Provided material Start Marker
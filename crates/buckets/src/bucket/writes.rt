// How a set gets a slot of a bucket table, keeps it with another number, and loses it. Each says that the places stay: no invariant speaks of
// two states.
ghost use Rattle.std.specs.Prelude.{◌≡◌, ◌<◌, is_ok};
ghost use Rattle.algebra.specs.Gathered.{set_at, Absent};
ghost use Rattle.algebra.specs.Poly.{put};
ghost use Rattle.sets.specs.Numbers.{number};
ghost use Rattle.store.specs.Answers.{Wrote};
ghost use Rattle.store.specs.Stores.{fits};
ghost use Rattle.buckets.specs.Chains.{Taken};
ghost use Rattle.buckets.specs.Bucketed.{bucket_poly, bucket_room, held, places};

use crate::bucket::Buckets;
use crate::chains::{home_of, link_at, release, relink, take};
use sets::RankSet;
use store::slot::Full;

impl Buckets<'_> {
    // Gives a free slot to a set that has none; refused where no slot is free.
    pub(super) fn insert(&mut self, set: &RankSet, code: u32) -> Result<(), Full>
        requires absent { Absent (held self.old) (number «set».now) }
        requires some { 0 < code }
        ensures wrote { Wrote (fits (bucket_room self.old)) (bucket_poly self.old) (number «set».now) code (bucket_poly self.new) (is_ok result) }
        ensures long { places self.new ≡ places self.old }
    {
        let n = self.slots.len();
        if self.count == n {
            return Err(Full);
        }
        let free = self.last_spare();
        let bucket = home_of(set, n);
        let before = self.place_of(bucket, free as usize);
        let slots = &mut *self.slots;
        let next = link_at(slots, bucket, before);
        take(slots, free as usize, set, code, next);
        relink(slots, bucket, before, free);
        self.count += 1;
        Ok(())
    }

    // Gives the set of a slot another number, not 0.
    pub(super) fn replace(&mut self, i: usize, code: u32)
        requires taken { Taken (held self.old) i }
        requires some { 0 < code }
        ensures means { bucket_poly self.new ≡ put (bucket_poly self.old) (set_at (held self.old) i) code }
        ensures long { places self.new ≡ places self.old }
    {
        self.slots[i].code = code;
    }

    // Takes a slot out of its chain and frees it.
    pub(super) fn remove(&mut self, i: usize)
        requires taken { Taken (held self.old) i }
        ensures means { bucket_poly self.new ≡ put (bucket_poly self.old) (set_at (held self.old) i) 0 }
        ensures long { places self.new ≡ places self.old }
    {
        let n = self.slots.len();
        let last = n - self.count;
        let slot = self.slots[i];
        let bucket = home_of(&slot.set, n);
        let before = self.place_of(bucket, i);
        let slots = &mut *self.slots;
        relink(slots, bucket, before, slot.next);
        release(slots, i, last);
        self.count -= 1;
    }
}
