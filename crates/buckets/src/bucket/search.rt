// Where in a bucket table a set is, or goes. A chain is followed by its links, from slot to slot of the lent memory, with the test that ends it in the
// loop's head; by `successors` that test would stand in a closure beside it.
ghost use Rattle.std.specs.Prelude.{◌≡◌, ◌-◌, ◌<◌, length, IfSome, MatchOption, slice_index};
ghost use Rattle.algebra.specs.Gathered.{Absent};
ghost use Rattle.sets.specs.Numbers.{number};
ghost use Rattle.buckets.specs.Chains.{Place};
ghost use Rattle.buckets.specs.Records.{home, firsts, nexts, spares, Found};
ghost use Rattle.buckets.specs.Bucketed.{held, places};

use crate::bucket::Buckets;
use crate::chains::home_of;
use sets::RankSet;

impl Buckets<'_> {
    // The slot of a set.
    #[tactic(auto, using(crate::proofs::Fields::fields))]
    pub(super) fn slot_of(&self, set: &RankSet) -> Option<usize>
        ensures slot { IfSome result (λ i. i < places self.now) }
        ensures found { MatchOption result (Absent (held self.now) (number «set».now)) (Found (held self.now) (number «set».now)) }
    {
        let slots = &*self.slots;
        let n = slots.len();
        if n == 0 {
            return None;
        }
        let mut i = slots[home_of(set, n)].first as usize;
        while i < n {
            if slots[i].set == *set {
                return Some(i);
            }
            i = slots[i].next as usize;
        }
        None
    }

    // The place where the slot j stands in the chain of the bucket b, or would.
    pub(super) fn place_of(&self, b: usize, j: usize) -> Option<usize>
        requires bucket { b < places self.now }
        requires slot { j < places self.now }
        ensures slot { IfSome result (λ q. q < places self.now) }
        ensures place { Place (home (places self.now)) (held self.now) (firsts self.now.slots.now) (nexts self.now.slots.now) b j result }
    {
        let mut before = None;
        let mut i = self.slots[b].first as usize;
        while i < j {
            before = Some(i);
            i = self.slots[i].next as usize;
        }
        before
    }

    // The free slot that was listed last.
    #[tactic(auto, using(crate::proofs::Fields::fields))]
    pub(super) fn last_spare(&self) -> u32
        requires { self.now.count < places self.now }
        ensures value { result ≡ slice_index (spares self.now.slots.now) (places self.now - self.now.count - 1) }
        ensures bound { result < places self.now }
    {
        self.slots[self.slots.len() - self.count - 1].spare
    }
}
Provided material End Marker
— What is required —
What is the number of lines in the data holding the word "MatchOption"? Reply with that number only.

— Final answer —
2